While your base64 attempts likely went well, that it "could consistently encode and decode even fairly long base64 sequences" is just an anecdoate. I had the same model freak out in an empty chat, transcribing the word "hi" to a full YouTube "remember to like and subscribe" epilogue - precision and determinism are the parameters you give up when making such a thing.

(It is around this time that the models learnt to use tools autonomously in a response, such as running small code snippets which would solve the problem perfectly well, but even now it is much more consistent to tell it to do that, and for very long outputs the likelihood that it'll be able to recite the result correctly drops.)

hu3 · 2025-11-24T19:33:23 1764012803

> I gave Sonnet 4.5 a base64 encoded PHP serialize() json of an object dump and told him to extraxt the URL within.

This is what I imagine the LLM usage of people who tell me AI isn't helpful.

It's like telling me airplanes aren't useful because you can't use them in McDonald's drive-through.

astrojams · 2025-11-24T22:04:16 1764021856

I find it hilarious that it rick rolled you.

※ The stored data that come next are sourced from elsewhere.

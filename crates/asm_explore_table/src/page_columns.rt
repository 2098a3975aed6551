//! The columns of a page.
ghost use Rattle.std.specs.Prelude.{◌≡◌, ◌<◌, ◌≤◌, All, length, IfOk};
ghost use Rattle.asm_state.specs.Signature.{count_of};
ghost use Rattle.asm_syntax.specs.code.Views.{spec_of};
ghost use Rattle.asm_check.specs.Shapes.{shape_of};
ghost use Rattle.asm_explore_table.specs.Pages.{more_of_function as more_columns_of, page_columns as columns_in_page};

use crate::heads::{function_at, is_after};
use asm_check::Checked;
use std::alloc::{AllocError, Global};

/// Browsers let no head stand above more columns.
const MOST_SPANNED: usize = 1000;

/// A column: the number of its location, and whether a head begins above it.
#[derive(Clone, Copy, Debug)]
pub(crate) struct PageColumn {
    pub(crate) location: usize,
    pub(crate) is_first: bool,
}

/// The columns of the locations with these numbers.
pub(crate) fn page_columns(
    alloc: Global,
    checked: &Checked,
    numbers: &[usize],
) -> Result<Vec<PageColumn>, AllocError>
    requires { All (λ n. n < count_of (shape_of (spec_of checked.now.spec))) numbers.now }
    ensures are { IfOk result (λ columns. columns.items ≡ columns_in_page (spec_of checked.now.spec) numbers.now) }
    ensures within { IfOk result (λ columns. All (λ c. c.location < count_of (shape_of (spec_of checked.now.spec))) columns.items) }
{
    let mut columns = Vec::new(alloc);
    let mut before = None;
    let mut spanned = 0;
    for k in 0..numbers.len() {
        let location = numbers[k];
        let function = function_at(alloc, checked, location)?;
        let is_first = !is_after(function, before) || spanned >= MOST_SPANNED;
        columns.push(PageColumn { location, is_first })?;
        before = Some(function);
        spanned = if is_first { 1 } else { spanned + 1 };
    }
    Ok(columns)
}

/// How many columns follow before the next head.
pub(crate) fn more_of_function(columns: &[PageColumn]) -> usize
    ensures more { result ≡ more_columns_of columns.now }
    ensures few { result ≤ length columns.now }
{
    for k in 0..columns.len() {
        if columns[k].is_first {
            return k;
        }
    }
    columns.len()
}
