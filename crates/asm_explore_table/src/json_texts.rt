//! Texts of JSON.
ghost use Rattle.std.specs.Prelude.{◌≡◌, ◌++◌, ◌<◌, OnOk};
ghost use Rattle.asm_explore_table.specs.JsonTexts.{escaped, hex_digit as digit_for, is_marked, is_printable, string_text};
ghost use Rattle.asm_explore_table.specs.code.JsonParts.{separator};

use std::alloc::AllocError;

/// The digit that stands for a number below 16.
fn hex_digit(n: u8) -> u8
    requires { n < 16 }
    ensures { result ≡ digit_for n }
{
    if n < 10 { b'0' + n } else { b'a' - 10 + n }
}

/// Whether a byte stands behind a backslash.
fn is_marked_byte(byte: u8) -> bool
    ensures { result ≡ is_marked byte }
{
    byte == b'"' || byte == b'\\'
}

/// Whether a byte is a printable one of ASCII.
fn is_printable_byte(byte: u8) -> bool
    ensures { result ≡ is_printable byte }
{
    b' ' <= byte && byte <= b'~'
}

/// Adds a byte as a string has it.
fn push_escaped(out: &mut Vec<u8>, byte: u8) -> Result<(), AllocError>
    ensures { OnOk result (out.new.items ≡ out.old.items ++ escaped byte) }
{
    if is_marked_byte(byte) {
        return out.extend_from_slice(&[b'\\', byte]);
    }
    if is_printable_byte(byte) {
        return out.extend_from_slice(&[byte]);
    }
    out.extend_from_slice(b"\\u00")?;
    out.extend_from_slice(&[hex_digit(byte / 16), hex_digit(byte % 16)])
}

/// Adds a string.
pub(crate) fn push_string(out: &mut Vec<u8>, text: &[u8]) -> Result<(), AllocError>
    ensures { OnOk result (out.new.items ≡ out.old.items ++ string_text text.now) }
{
    out.extend_from_slice(b"\"")?;
    for k in 0..text.len() {
        push_escaped(out, text[k])?;
    }
    out.extend_from_slice(b"\"")
}

/// Adds a comma, unless this is the first of a list.
pub(crate) fn push_separator(out: &mut Vec<u8>, is_first: bool) -> Result<(), AllocError>
    ensures { OnOk result (out.new.items ≡ out.old.items ++ separator is_first) }
{
    if is_first {
        return Ok(());
    }
    out.extend_from_slice(b",")
}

I wonder if that is an easter egg of some sort?

mikestorrent · 2025-11-24T19:24:48 1764012288

You should probably tell AI to write you programs to do tasks that programs are better at than minds.

stavros · 2025-11-24T19:27:10 1764012430

Don't use LLMs for a task a human can't do, they won't do it well.

wmf · 2025-11-24T19:44:40 1764013480

A human could easily come up with a base64 -d | jq oneliner.

stavros · 2025-11-24T19:59:32 1764014372

So can the LLM, but that wasn't the task.

wmf · 2025-11-24T21:12:33 1764018753

I'm surprised AIs don't automatically decide when to use code. Maybe next year.

stavros · 2025-11-24T21:13:59 1764018839

They do, it just depends on the tool you're using and the instruction you give it. Claude Code usually does.

idonotknowwhy · 2025-11-24T22:37:52 1764023872

Almost any modern LLM can do this, even GPT-OSS

gregable · 2025-11-24T19:37:43 1764013063

it. Not him.

mceachen · 2025-11-24T20:19:32 1764015572

You can ask it. Each model responds slightly differently to "What pronouns do you prefer for yourself?"

Opus 4.5:

I don’t have strong preferences about pronouns for myself. People use “it,” “they,” or sometimes “he” or “she” when referring to me, and I’m comfortable with any of these.

If I had to express a slight preference, “it” or “they” feel most natural since I’m an AI rather than a person with a gender identity. But honestly, I’m happy with whatever feels most comfortable to you in conversation.

Haiku 4.5:

I don’t have a strong preference for pronouns since I’m an AI without a gender identity or personal identity the way humans have. People typically use “it” when referring to me, which is perfectly fine. Some people use “they” as well, and that works too.

Feel free to use whatever feels natural to you in our conversation. I’m not going to be bothered either way.

chinathrow · 2025-11-24T19:56:33 1764014193

It's Claude. Where I live, that is a male name.